There are three paralogs of non-muscle myosin II (NM II), NM IIA, IIB, and IIC, with each having the heavy chain encoded on a different chromosome. All three paralogs appear to bind the same or very similar light chains and share basic properties as to structure and activation, but all three play distinct roles during vertebrate development and adulthood (for general reviews on NM IIs, see ). All NM IIs have two important features: they are MgATPase enzymes that can hydrolyze ATP thereby converting chemical energy into mechanical movement. In addition, they can form bipolar filaments which can interact with and exert tension on actin filaments. These properties provide the basis for all NM II functions. The path to myosin filament formation, which is shared by NM II and smooth muscle myosin, starts with a folded inactive conformation of the NM II monomer which, upon phosphorylation of the 20 KDa light chain unfolds the molecule to produce a globular head region followed by an extended alpha-helical coiled-coil tail. The tail portion of the molecule can interact with other NM IIA hexamers to form bipolar filaments composed of 14-16 molecules.

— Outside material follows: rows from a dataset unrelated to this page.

// The books of a pool of 64 units of 16 KiB (request 2026-12): byte u is the size of the block given out that starts at unit u, 0 where
// none starts. Any books and numbers may be handed in. A call answers with what it says and the books that it leaves.
#![tactic(auto)]

ghost use Rattle.std.specs.Prelude.{◌≡◌, ◌+◌, ◌≤◌, ◌<◌, true};
ghost use Rattle.pool.specs.Pool.{every, size_b, sound_b, fits_b, lowest, given_out_b};
ghost use Rattle.pool.specs.Pool.{free_pool, Call, Says, says_of, Did};
ghost use Rattle.pool.specs.Steps.{empty_b, place_b, alone_b, Part};

// What a call says.
#[derive(Clone, Copy)]
pub enum Reply {
    // take: where the block given out starts
    Block(u32),
    Returned,
    // the refusal's number
    Refused(u8),
}

#[derive(Clone, Copy)]
pub struct Outcome {
    pub reply: Reply,
    pub books: [u8; 64],
}

// 1, 2, 4, 8, 16, 32 or 64.
fn is_size(n: usize) -> bool
    ensures { result ≡ size_b n }
{
    (n == 1) | ((n == 2) | ((n == 4) | ((n == 8) | ((n == 16) | ((n == 32) | (n == 64))))))
}

// Whether no block starts among the n units from `start` on.
fn none_starts(b: &[u8; 64], start: usize, n: usize) -> bool
    requires { start + n ≤ 64 }
    ensures { result ≡ every (empty_b b.now) start n }
{
    for k in start..start + n {
        if b[k] != 0 {
            return false;
        }
    }
    true
}

// Whether a block of that size may start at i. (A remainder by a number that is known is no division.)
fn is_place(i: usize, size: usize) -> bool
    ensures { result ≡ place_b i size }
{
    match size {
        1 => true,
        2 => i % 2 == 0,
        4 => i % 4 == 0,
        8 => i % 8 == 0,
        16 => i % 16 == 0,
        32 => i % 32 == 0,
        64 => i % 64 == 0,
        _ => false,
    }
}

// Whether the block that starts at i, if one does, has a size, starts at a multiple of it, stays in the pool, and none starts further on
// in it.
fn is_alone(b: &[u8; 64], i: usize) -> bool
    requires { i < 64 }
    ensures { result ≡ alone_b b.now i }
{
    let size = usize::from(b[i]);
    if size == 0 {
        return true;
    }
    if !is_place(i, size) {
        return false;
    }
    if 64 < i + size {
        return false;
    }
    none_starts(b, i + 1, size - 1)
}

// Whether no block overlaps another, leaves the pool, has another size or starts off a multiple of it. Behind a block that is as it should
// be it goes on.
fn is_sound(b: &[u8; 64]) -> bool
    ensures { result ≡ sound_b b.now }
{
    let mut i = 0;
    // Kept: its step is each block's own size, and no range or iterator goes on so.
    while i < 64 {
        if !is_alone(b, i) {
            return false;
        }
        let size = usize::from(b[i]);
        if size == 0 {
            i += 1;
        } else {
            i += size;
        }
    }
    true
}

// Where the lowest block of the size asked starts that may be given out among the units from `at` on, `size` of them. These are halved,
// and halved again, the lower half tried first, until the halves have the size asked. What one block holds is not halved. No block from
// before `at` reaches further, so only what starts in a half is looked at.
fn find(b: &[u8; 64], mut at: usize, mut size: usize, want: usize) -> Option<usize>
    requires { Part b.now want at size }
    ensures { result ≡ lowest (fits_b b.now want) at size }
{
    // Kept: each turn has another place and size. The upper half is a turn and no call: an Option comes back through memory.
    while want < size {
        let held = usize::from(b[at]);
        if size <= held {
            return None;
        }
        let half = size / 2;
        let middle = at + half;
        let lower = find(b, at, half, want);
        if lower.is_some() {
            return lower;
        }
        at = middle;
        size = half;
    }
    if none_starts(b, at, want) {
        return Some(at);
    }
    None
}

// Whether a block of that size was given out in that place.
fn is_given_out(b: &[u8; 64], start: usize, size: usize) -> bool
    ensures { result ≡ given_out_b b.now start size }
{
    if start < 64 {
        let given = usize::from(b[start]);
        return (size != 0) & (given == size);
    }
    false
}

fn refused(books: [u8; 64], k: u8) -> Outcome
    ensures { (says_of result.reply ≡ Says.refusal k) × (result.books ≡ books) }
{
    Outcome {
        reply: Reply::Refused(k),
        books,
    }
}

// A pool with no block given out.
pub fn free_pool() -> [u8; 64]
    ensures { result ≡ free_pool }
{
    [0u8; 64]
}

// Gives out the lowest block of so many units that is wholly free and starts at a multiple of its size. Refused: 3, 18, 19.
pub fn take(books: [u8; 64], units: u32) -> Outcome
    ensures { Did books (Call.take units) (says_of result.reply) result.books }
{
    let mut after = books;
    let want = units as usize;
    if !is_sound(&books) {
        return refused(books, 3);
    }
    if !is_size(want) {
        return refused(books, 18);
    }
    match find(&books, 0, 64, want) {
        None => refused(books, 19),
        Some(start) => {
            let first = start as u32;
            after[start] = want as u8;
            Outcome {
                reply: Reply::Block(first),
                books: after,
            }
        }
    }
}

// Frees the units of a block that was given out in that place and size. Refused: 3, 20.
pub fn give_back(books: [u8; 64], start: u32, units: u32) -> Outcome
    ensures { Did books (Call.give_back start units) (says_of result.reply) result.books }
{
    let mut after = books;
    let at = start as usize;
    if !is_sound(&books) {
        return refused(books, 3);
    }
    if !is_given_out(&books, at, units as usize) {
        return refused(books, 20);
    }
    after[at] = 0;
    Outcome {
        reply: Reply::Returned,
        books: after,
    }
}
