// Sizes, slots, and the links with their gauges and exchange, by value; and what a call on one record answers (document 01, "The memory and
// the tables", "When the desk says no").
#![tactic(auto)]

ghost use Rattle.std.specs.Prelude.{◌≡◌, cond, ℕ, ◌+◌, ◌-◌, ◌*◌, ◌≤◌, ◌<◌, Some, None};
ghost use Rattle.group_table.specs.Table.{sizes_b, slot_b, link_in, active_b, gauge_at, active_set, gauge_set, link_set, found_of_all, refused_by};
ghost use Rattle.group_table.specs.Table.{kept_by_of, turned_by, settled_by, index_of, record_at, holds_b, holder_in, with_record};

use conn_answer::{Outcome, Reply};
use conn_record::Record;
use gauge::Gauge;
use link_exchange::{Exchange, Queue, Role};

pub const MOST_SLOTS: usize = 255;

// The four links, active or down, and a gauge for each; our role, the exchange that runs, and the messages that wait for its end.
#[derive(Clone, Copy)]
pub struct Links {
    pub active: [bool; 4],
    pub gauges: [Gauge; 4],
    pub role: Role,
    pub exchange: Exchange,
    pub queue: Queue,
}

// What a call answers: what its line names, the message's bytes where one was made (else zeros), and the links that it leaves.
#[derive(Clone, Copy)]
pub struct Answered {
    pub reply: Reply,
    pub made: bool,
    pub message: [u8; 44],
    pub links: Links,
}

// What a call on one record answers, and the record that it leaves.
#[derive(Clone, Copy)]
pub struct Turned {
    pub after: Record,
    pub answer: Answered,
}

// Refusal 1's case is the opposite: S, N, the memory's length and the table's are right.
#[tactic(auto, unfolding(crate::specs::Table::sizes_b))]
pub fn sizes_ok(s: u32, n: u32, len: usize, count: usize) -> bool
    ensures { result ≡ sizes_b s n len count }
{
    let (s, n) = (s as usize, n as usize);
    1 <= s
        && s <= MOST_SLOTS
        && conn_record::LEAST_SIZE as usize <= n
        && n <= conn_record::MOST_SIZE as usize
        && len == s * n
        && count == s
}

// Whether the slot is one of 1 to s.
#[tactic(auto, unfolding(crate::specs::Table::slot_b))]
pub fn slot_ok(s: u32, slot: u32) -> bool
    ensures { result ≡ slot_b s slot }
{
    (1 <= slot) & (slot <= s)
}

// Whether the link is one of 1 to 4.
pub fn link_ok(link: u8) -> bool
    ensures { result ≡ link_in link }
{
    (1 <= link) & (link <= conn_record::MOST_LINK)
}

// Where a link from 1 to 4 stands among the four; none for a link outside them.
pub fn link_index(link: u8) -> Option<usize>
    ensures { result ≡ cond (link_in link) (Some (link - 1)) None }
{
    if link_ok(link) {
        Some(link as usize - 1)
    } else {
        None
    }
}

// Whether the link is one of 1 to 4, and active.
#[tactic(auto, unfolding(crate::specs::Table::active_b))]
pub fn link_active(links: Links, link: u8) -> bool
    ensures { result ≡ active_b links.active link }
{
    match link_index(link) {
        Some(k) => links.active[k],
        None => false,
    }
}

// The links with one from 1 to 4 active or down, and every gauge as it was.
#[tactic(auto, unfolding(crate::specs::Table::with_link))]
fn set_active(links: Links, link: u8, up: bool) -> Links
    ensures { result ≡ active_set links link up }
{
    let mut next = links;
    if let Some(i) = link_index(link) {
        next.active[i] = up;
    }
    next
}

// The gauge of a link; a cleared one for a link outside 1 to 4.
#[tactic(auto, unfolding(crate::specs::Table::gauge_at))]
pub fn gauge_of(links: Links, link: u8) -> Gauge
    ensures { result ≡ gauge_at links.gauges link }
{
    match link_index(link) {
        Some(j) => links.gauges[j],
        None => gauge::cleared(),
    }
}

// Another gauge for a link; nothing changes for a link outside 1 to 4.
#[tactic(auto, unfolding(crate::specs::Table::with_gauge))]
pub fn set_gauge(links: Links, link: u8, g: Gauge) -> Links
    ensures { result ≡ gauge_set links link g }
{
    let mut next = links;
    if let Some(at) = link_index(link) {
        next.gauges[at] = g;
    }
    next
}

// The links with one from 1 to 4 set; one that is set down loses its gauge.
#[tactic(auto, unfolding(crate::specs::Table::link_set))]
pub fn set_link(links: Links, link: u8, up: bool) -> Links
    ensures { result ≡ link_set links link up }
{
    let next = set_active(links, link, up);
    if up {
        next
    } else {
        set_gauge(next, link, gauge::cleared())
    }
}

// A refusal's number where the test holds, else what is refused otherwise.
pub fn refusal_if(test: bool, number: u8, otherwise: u8) -> u8
    ensures { result ≡ cond test number otherwise }
{
    if test { number } else { otherwise }
}

// What a call on a slot with the record c tests first: 1, then 2; 0 for neither.
#[tactic(auto, unfolding(crate::specs::Table::found_of_all))]
pub fn found(s: u32, n: u32, len: usize, count: usize, slot: u32, c: Record) -> u8
    ensures { result ≡ found_of_all s n len count slot c }
{
    if !sizes_ok(s, n, len, count) {
        1
    } else if !(slot_ok(s, slot) & c.id.opened) {
        2
    } else {
        0
    }
}

// A refusal: its number, and the links as they were.
#[tactic(auto, unfolding(crate::specs::Table::refused_by))]
pub fn refuse(k: u8, links: Links) -> Answered
    ensures { result ≡ refused_by k links }
{
    Answered {
        reply: Reply::Refused(k),
        made: false,
        message: [0u8; 44],
        links,
    }
}

// An answer, and the record as it was.
#[tactic(auto, unfolding(crate::specs::Table::kept_by_of))]
pub fn kept(c: Record, answer: Answered) -> Turned
    ensures { result ≡ kept_by_of c answer }
{
    Turned { after: c, answer }
}

// What the step of one record gave, beside the links.
#[tactic(auto, unfolding(crate::specs::Table::turned_by))]
fn turned_by(links: Links, o: Outcome) -> Turned
    ensures { result ≡ turned_by links o }
{
    let message = o.message;
    let answer = Answered {
        reply: o.reply,
        made: o.made,
        message,
        links,
    };
    Turned {
        after: o.after,
        answer,
    }
}

// Refusal `no`, the record c as it was; or, where that is 0, what the step of the record gave.
#[tactic(auto, unfolding(crate::specs::Table::settled_by))]
pub fn settled(no: u8, links: Links, c: Record, o: Outcome) -> Turned
    ensures { result ≡ settled_by no links c o }
{
    if no == 0 {
        turned_by(links, o)
    } else {
        kept(c, refuse(no, links))
    }
}

// THE LENT TABLE, a slice of records: the record of a slot, putting one back, and the search by token.

// Where the record of a slot stands in a table of `count` records; `count` for a slot outside it.
#[tactic(auto, unfolding(crate::specs::Table::index_of))]
pub fn index(slot: usize, count: usize) -> usize
    ensures { result ≡ index_of slot count }
{
    if (1 <= slot) & (slot <= count) {
        slot - 1
    } else {
        count
    }
}

// The record of a slot; all zeros for a slot outside the table.
#[tactic(auto, unfolding(crate::specs::Table::record_at, crate::specs::Table::index_of))]
pub fn record_at(table: &[Record], slot: usize) -> Record
    ensures { result ≡ record_at table.now slot }
{
    let i = index(slot, table.len());
    if i < table.len() {
        table[i]
    } else {
        conn_record::zero_record()
    }
}

// Another record in a slot; nothing changes for a slot outside the table.
#[tactic(auto, unfolding(crate::specs::Table::with_record, crate::specs::Table::index_of))]
pub fn put_record(table: &mut [Record], slot: usize, c: Record)
    ensures { table.new ≡ with_record table.old slot c }
{
    let at = index(slot, table.len());
    if at < table.len() {
        table[at] = c;
    }
}

// Whether the record is open and has the token.
#[tactic(auto, unfolding(crate::specs::Table::holds_b))]
fn holds(c: Record, token: u32) -> bool
    ensures { result ≡ holds_b token c }
{
    c.id.opened & (c.id.own == token)
}

// The lowest slot that is open with this token; 0 for none, and for the token 0. No Option: slots count from 1, and `holder_in` says 0.
pub fn find(table: &[Record], token: u32) -> usize
    ensures { result ≡ holder_in table.now token }
{
    if token == 0 {
        return 0;
    }
    for (i, c) in table.iter().enumerate() {
        if holds(*c, token) {
            return i + 1;
        }
    }
    0
}
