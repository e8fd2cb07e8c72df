// Read, on the lent table itself and with a small answer, for a program in C or Rust (document 01, "Calls of a connection"; document 02,
// 2026-11). It is given the links' states in place of the links, and writes a message that it makes into a lent buffer.
#![tactic(auto)]

ghost use Rattle.group_table.specs.declared.Links.{Links};
ghost use Rattle.group_rules.specs.Rules.{group_of};
ghost use Rattle.plan.specs.DirectMade.{InEveryGroup};
ghost use Rattle.c_read.specs.ReadLeft.{LeftBy};
ghost use Rattle.c_read.specs.DirectRead.{ReadMade};

use conn_record::Record;
use plan::LinkStates;
use plan_read::ReadAnswer;

// A read that 1, 2, 3 and 6 do not refuse. The record is read anew where it is needed, and its changed fields alone are put back.
fn read_on(
    n: u32,
    mem: &[u8],
    table: &mut [Record],
    slot: u32,
    out: &mut [u8],
    message: &mut [u8; 44],
) -> ReadAnswer
    ensures { LeftBy n mem.now table.old slot out.old message.old
        result table.new out.new message.new }
{
    let at = slot as usize;
    let t = plan_read::read_record(n, mem, slot, group_table::record_at(table, at), out.len());
    plan_read::tell(group_table::record_at(table, at), t, message);
    let next = plan_read::left(group_table::record_at(table, at), t);
    group_table::put_record(table, at, next);
    plan_read::copy(n, mem, slot, t, out);
    t.said
}

// Reads. What refuses comes first, so that the compiler knows in what follows all that the tests have shown.
#[unsafe(no_mangle)]
pub extern "C" fn fordlinnet_make_read(
    s: u32,
    n: u32,
    mem: &[u8],
    table: &mut [Record],
    links: LinkStates,
    slot: u32,
    out: &mut [u8],
    message: &mut [u8; 44],
) -> ReadAnswer
    ensures { InEveryGroup links.active (λ (ls : Links).
        ReadMade (group_of s n table.old ls mem.now) slot out.old message.old result
        (group_of s n table.new ls mem.now) out.new message.new) }
{
    match plan::refusal_at(s, n, mem.len(), table, links, slot) {
        Some(j) => plan_read::refused(j),
        None => read_on(n, mem, table, slot, out, message),
    }
}
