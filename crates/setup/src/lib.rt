// Setting up a connection: our settings, the message due and the peer's bytes give the message to send, an open's arguments or a decline.
#![tactic(auto)]

ghost use Rattle.std.specs.Prelude.{◌≡◌, cond, Some};
ghost use Rattle.setup.specs.Setup.{due_type, refusal_number, our_proposal, ours, our_decline, arguments_of, silent, saying};
ghost use Rattle.setup.specs.Setup.{plain, opens, declines, taken_b, answered_of, heard_of, setup_of};

use setup_read::{Kind, Message};

#[repr(C)]
#[derive(Clone, Copy)]
pub struct Settings {
    // N, our element size
    pub size: u32,
    pub peer: [u8; 8],
    pub gid: [u8; 16],
    pub mac: [u8; 6],
    pub mask: [u8; 4],
    pub masklen: u8,
    pub count: u8,
    // eight times a prefix and its length, of which the first count are sent: C's layout
    pub prefixes: [u8; 136],
    pub first: bool,
    pub qp: u32,
    pub mtu: u8,
    pub psn: u32,
    pub key: u32,
    pub base: u64,
    pub slot: u8,
    pub own: u32,
    pub link: u8,
    // a key and a base of each link, not an array of pairs: C's layout (fordlinnet.h)
    pub key1: u32,
    pub base1: u64,
    pub key2: u32,
    pub base2: u64,
    pub key3: u32,
    pub base3: u64,
    pub key4: u32,
    pub base4: u64,
}

// The message due.
#[derive(Clone, Copy)]
pub enum Due {
    Proposal,
    Accept,
    Confirm,
}

// The arguments of an open.
#[repr(C)]
#[derive(Clone, Copy, Default)]
pub struct Arguments {
    pub slot: u8,
    pub own: u32,
    pub token: u32,
    pub link: u8,
    pub size: u32,
    pub index: u8,
    // as in Settings
    pub key1: u32,
    pub base1: u64,
    pub key2: u32,
    pub base2: u64,
    pub key3: u32,
    pub base3: u64,
    pub key4: u32,
    pub base4: u64,
}

// An open, a decline's diagnosis, or neither.
#[derive(Clone, Copy)]
pub struct Answered {
    pub opening: Option<Arguments>,
    pub diagnosis: Option<u32>,
}

#[derive(Clone, Copy)]
pub enum Refusal {
    // N has no code
    Uncoded,
    // the bytes are no message
    NoMessage,
    // the message is neither the one that is due nor a Decline
    NotDue,
}

impl From<Refusal> for u8 {
    ghost from_gives = { λ refusal n. n ≡ refusal_number refusal };

    fn from(refusal: Refusal) -> u8 {
        match refusal {
            Refusal::Uncoded => 1,
            Refusal::NoMessage => 2,
            Refusal::NotDue => 3,
        }
    }
}

// The answer: beside its outcome the message to send, its count of bytes and zeros behind; count 0 is none. Bytes with a count and no Vec:
// no heap.
#[derive(Clone, Copy)]
pub struct Answer {
    pub outcome: Result<Answered, Refusal>,
    pub count: usize,
    pub message: [u8; 188],
}

// The type of the message that is due. No public From for what is used once.
fn due_type(due: Due) -> u8
    ensures { result ≡ due_type (Some due) }
{
    match due {
        Due::Proposal => 1,
        Due::Accept => 2,
        Due::Confirm => 3,
    }
}

fn quiet(outcome: Result<Answered, Refusal>) -> Answer
    ensures { result ≡ silent outcome }
{
    Answer {
        outcome,
        count: 0,
        message: [0; 188],
    }
}

fn say(m: Message, outcome: Result<Answered, Refusal>) -> Answer
    ensures { result ≡ saying m outcome }
{
    let mut message = [0; 188];
    let count = setup_write::write(m, &mut message);
    Answer {
        outcome,
        count,
        message,
    }
}

fn proposal(s: Settings) -> Message
    ensures { result ≡ our_proposal s }
{
    let peer = s.peer;
    let gid = s.gid;
    let mac = s.mac;
    let prefixes = s.prefixes;
    let given = s.mask;
    let mask = if s.count == 0 { given } else { [0; 4] };
    let masklen = if s.count == 0 { s.masklen } else { 0 };
    Message {
        kind: Some(Kind::Proposal),
        version: 1,
        peer,
        gid,
        mac,
        mask,
        masklen,
        count: s.count.min(8),
        prefixes,
        ..setup_read::no_message()
    }
}

// Our Accept or Confirm.
fn endpoint(s: Settings, kind: Kind, first: bool) -> Message
    ensures { result ≡ ours kind first s }
{
    let peer = s.peer;
    let gid = s.gid;
    let mac = s.mac;
    Message {
        kind: Some(kind),
        version: 1,
        first,
        peer,
        gid,
        mac,
        qp: s.qp % 16777216,
        key: s.key,
        index: s.slot,
        token: s.own,
        code: setup_read::code_of(s.size),
        mtu: s.mtu % 16,
        base: s.base,
        psn: s.psn % 16777216,
        ..setup_read::no_message()
    }
}

fn decline(s: Settings) -> Message
    ensures { result ≡ our_decline s }
{
    let peer = s.peer;
    Message {
        kind: Some(Kind::Decline),
        version: 1,
        peer,
        diagnosis: 1,
        ..setup_read::no_message()
    }
}

// A key and base: those heard at the link that the peer speaks of, else the settings'.
fn pair(here: bool, heard: (u32, u64), other: (u32, u64)) -> (u32, u64)
    ensures { (result.0 ≡ cond here heard.0 other.0) × (result.1 ≡ cond here heard.1 other.1) }
{
    if here { heard } else { other }
}

fn arguments_of(s: Settings, m: Message) -> Arguments
    ensures { result ≡ arguments_of s m }
{
    let heard = (m.key, m.base);
    let (key1, base1) = pair(s.link == 1, heard, (s.key1, s.base1));
    let (key2, base2) = pair(s.link == 2, heard, (s.key2, s.base2));
    let (key3, base3) = pair(s.link == 3, heard, (s.key3, s.base3));
    let (key4, base4) = pair(s.link == 4, heard, (s.key4, s.base4));
    Arguments {
        slot: s.slot,
        own: s.own,
        token: m.token,
        link: s.link,
        size: setup_read::size_of(m.code),
        index: m.index,
        key1,
        base1,
        key2,
        base2,
        key3,
        base3,
        key4,
        base4,
    }
}

// Whether a code from the peer means some bytes and at most 65,540.
fn taken(code: u8) -> bool
    ensures { result ≡ taken_b code }
{
    let n = setup_read::size_of(code);
    (1 <= n) & (n <= 65540)
}

fn plain() -> Result<Answered, Refusal>
    ensures { result ≡ plain }
{
    Ok(Answered {
        opening: None,
        diagnosis: None,
    })
}

fn opens(s: Settings, m: Message) -> Result<Answered, Refusal>
    ensures { result ≡ opens s m }
{
    Ok(Answered {
        opening: Some(arguments_of(s, m)),
        diagnosis: None,
    })
}

fn declines(diagnosis: u32) -> Result<Answered, Refusal>
    ensures { result ≡ declines diagnosis }
{
    Ok(Answered {
        opening: None,
        diagnosis: Some(diagnosis),
    })
}

// What the message that was due is answered by.
fn answer_due(s: Settings, m: Message, due: Due) -> Answer
    ensures { result ≡ answered_of s m (due_type (Some due)) }
{
    let fits = taken(m.code);
    match due {
        Due::Proposal => say(endpoint(s, Kind::Accept, s.first), plain()),
        Due::Accept if fits => say(endpoint(s, Kind::Confirm, false), opens(s, m)),
        Due::Confirm if fits => quiet(opens(s, m)),
        _ => say(decline(s), declines(1)),
    }
}

fn heard(s: Settings, due: Due, m: Message) -> Answer
    ensures { result ≡ heard_of s (due_type (Some due)) m }
{
    let Some(kind) = m.kind else {
        return quiet(Err(Refusal::NoMessage));
    };
    match kind {
        Kind::Decline => quiet(declines(m.diagnosis)),
        _ => {
            if setup_read::type_of(m.kind) == due_type(due) {
                answer_due(s, m, due)
            } else {
                quiet(Err(Refusal::NotDue))
            }
        }
    }
}

// The message to send, an open's arguments and a diagnosis, or a refusal: of our settings, the message that may be due, and the peer's
// bytes.
pub fn setup(s: Settings, due: Option<Due>, bytes: &[u8]) -> Answer
    ensures { result ≡ setup_of s due bytes.now }
{
    if setup_read::code_of(s.size) == 16 {
        return quiet(Err(Refusal::Uncoded));
    }
    match due {
        None => say(proposal(s), plain()),
        Some(due) => heard(s, due, setup_read::read(bytes)),
    }
}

Phosphorylation of the 20 KDa light chains on Serine 19 and Threonine 18 by a number of different kinases, but most prominently by Rho-dependent kinase and/or by the calcium-calmodulin-dependent myosin light chain kinase, not only linearizes the folded structure but removes the inhibition imposed on the MgATPase activity due to the folded conformation. In addition to phosphorylation of the 20 KDa light chains, the NMHC IIs can also be phosphorylated, but the sites phosphorylated differ among the paralogs. In most cases phosphorylation of NMHC IIA can act to either dissociate the myosin filaments or to prevent filament formation.